Today, the craft distilling movement has been a great friend to the apple, as industrious folk from California to New England discover the value contained in the scraggly old orchards that survived. While living on the West Coast in the early mid-2000s, I met enterprising distillers who gathered fruit that small orchard owners were letting fall to the ground, as harvesting the fruit was a money-losing proposition. I saw local apple brandies emerging—such as from the renowned distillers Germain-Robin in Mendocino and Clear Creek in Oregon—that today they are joined by other Bay Area luminaries like San Francisco’s Hotaling & Co (formerly Anchor Distilling) and St. George Spirits.
Just a few years later, in upstate New York, distillers like Neversink and Black Dirt were also discovering the magic of the apple. Now that story is working its way down the East Coast to Virginia and the Carolinas, which are about the southernmost limit of apple territory (the trees need a certain amount of cold to thrive). Copper & Kings, smack in the middle of the Kentucky bourbon zone, makes a delicious apple brandy, as does the venerated Tattersall Distilling of Minnesota. Basically, anywhere you can find apples these days you can find apple brandy.
For labeling purposes, the federal government makes no distinction between apple brandy and applejack, though many applejacks are blends of apple brandy and neutral spirit, resulting in a lighter, less apple-forward spirit. Laird & Company of New Jersey, the dominant apple spirits brand in the country and the oldest continually operating distillery in the U.S. (it began producing applejack in 1698), bottles two applejacks—a blended one and a straight, 86-proof version aged for three years in cask. These are separate from their line of apple brandies.
I would be remiss not to mention le roi of apple brandy, Calvados. Similar, yet different from American versions, Calvados is distinctive not in its distilling method but in its apples (and occasional use of pears). This region in northwest France boasts around 750 different varieties of apples meant for cider and distillation—most of which are not found in North America. The best Calvados—such as Camut, Lemorton, or Groult—are distinctly and sumptuously expressive of apple, but will taste subtly different from American apple brandies.
“The era of the Wild Apple will soon be past,” lamented Thoreau in that same essay, and he was right. But the spirit of the apple lives deliciously on.
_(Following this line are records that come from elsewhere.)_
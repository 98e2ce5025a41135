//! The devices of a customer, visited in the order of their chips.
use office_core::{DeviceRow, Sink};
use std::alloc::Global;
use std::fmt::Write;
use std::test::Fail;
use test_fixtures::conversations::devices::READ_BACKS;
use test_support::conversation::first_difference;
use test_support::keepers::{Fresh, KeeperCase, over_each};
use text_core::{Chip, Name};

/// The chips in their order, with a semicolon behind each.
const CHIPS: &str = "00000000000a;00000000000b;";

/// Takes the chips of devices.
#[derive(Drop)]
struct Chips {
    found: String,
}

impl Sink<DeviceRow> for Chips {
    ghost takes = { λ _ _ _ _. Unit {0} };

    fn take(&mut self, device: &DeviceRow) -> bool {
        write!(self.found, "{};", device.row.chip).is_ok()
    }
}

/// The chips behind the first of them, and behind one that isn't there.
const BEHIND: &str = "00000000000b;|00000000000a;00000000000b;|";

/// A visit of a customer's devices after the conversation about read-backs, over a keeper without
/// rows, that must find the chips both, in their order.
struct Visit;

/// Visits behind the first chip and behind one that isn't there, after the same conversation, each
/// with a stroke behind its chips.
struct VisitBehind;

impl KeeperCase for Visit {
    fn first_difference<K: Fresh>(&self, alloc: Global) -> Result<String, Fail> {
        let mut keep = K::fresh(alloc)?;
        let found = first_difference(alloc, &mut keep, READ_BACKS)?;
        if !found.is_empty() {
            return Ok(found);
        }
        let mut chips = Chips {
            found: String::new(alloc),
        };
        keep.visit_devices(&Name::parse("acme").ok_or("no name")?, &mut chips)?;
        if chips.found.as_str() == CHIPS {
            return Ok(String::new(alloc));
        }
        Ok(format!(in alloc; "{CHIPS} -> {}", chips.found)?)
    }
}

impl KeeperCase for VisitBehind {
    fn first_difference<K: Fresh>(&self, alloc: Global) -> Result<String, Fail> {
        let mut keep = K::fresh(alloc)?;
        let found = first_difference(alloc, &mut keep, READ_BACKS)?;
        if !found.is_empty() {
            return Ok(found);
        }
        let mut chips = Chips {
            found: String::new(alloc),
        };
        let customer = Name::parse("acme").ok_or("no name")?;
        for text in ["00000000000a", "000000000009"] {
            let chip = Chip::parse(text).ok_or("no chip")?;
            keep.visit_devices_behind(&customer, &chip, &mut chips)?;
            chips.found.push_str("|")?;
        }
        if chips.found.as_str() == BEHIND {
            return Ok(String::new(alloc));
        }
        Ok(format!(in alloc; "{BEHIND} -> {}", chips.found)?)
    }
}

#[test]
fn devices_are_visited_behind_a_chip(rt: HostRuntime) -> Result<(), Fail> {
    assert_eq!(rt; over_each(rt.alloc(), &VisitBehind)?.as_str(), "");
    Ok(())
}

#[test]
fn devices_are_visited_by_their_chips(rt: HostRuntime) -> Result<(), Fail> {
    assert_eq!(rt; over_each(rt.alloc(), &Visit)?.as_str(), "");
    Ok(())
}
Post-Script for the WSET Spirit Student:
In its section, understanding the label, the official website of the Calvados appellation breaks down everything you need to know about terminology on Calvados labels:
- VS (Very Special) / Three stars / Three apples: denotes an ageing period of at least 2 years.
- Reserve/ Old: denotes an ageing period of at least 3 years.
- V.O. (Very Old) / VSOP (Very Superior Old Pale) / Vieille Réserve: denotes an ageing period of at least 4 years.
- Hors d’âge / XO (Extra Old) / Très Vieille Réserve / Très Vieux / Extra / Napoleon: denotes an ageing period of at least 6 years.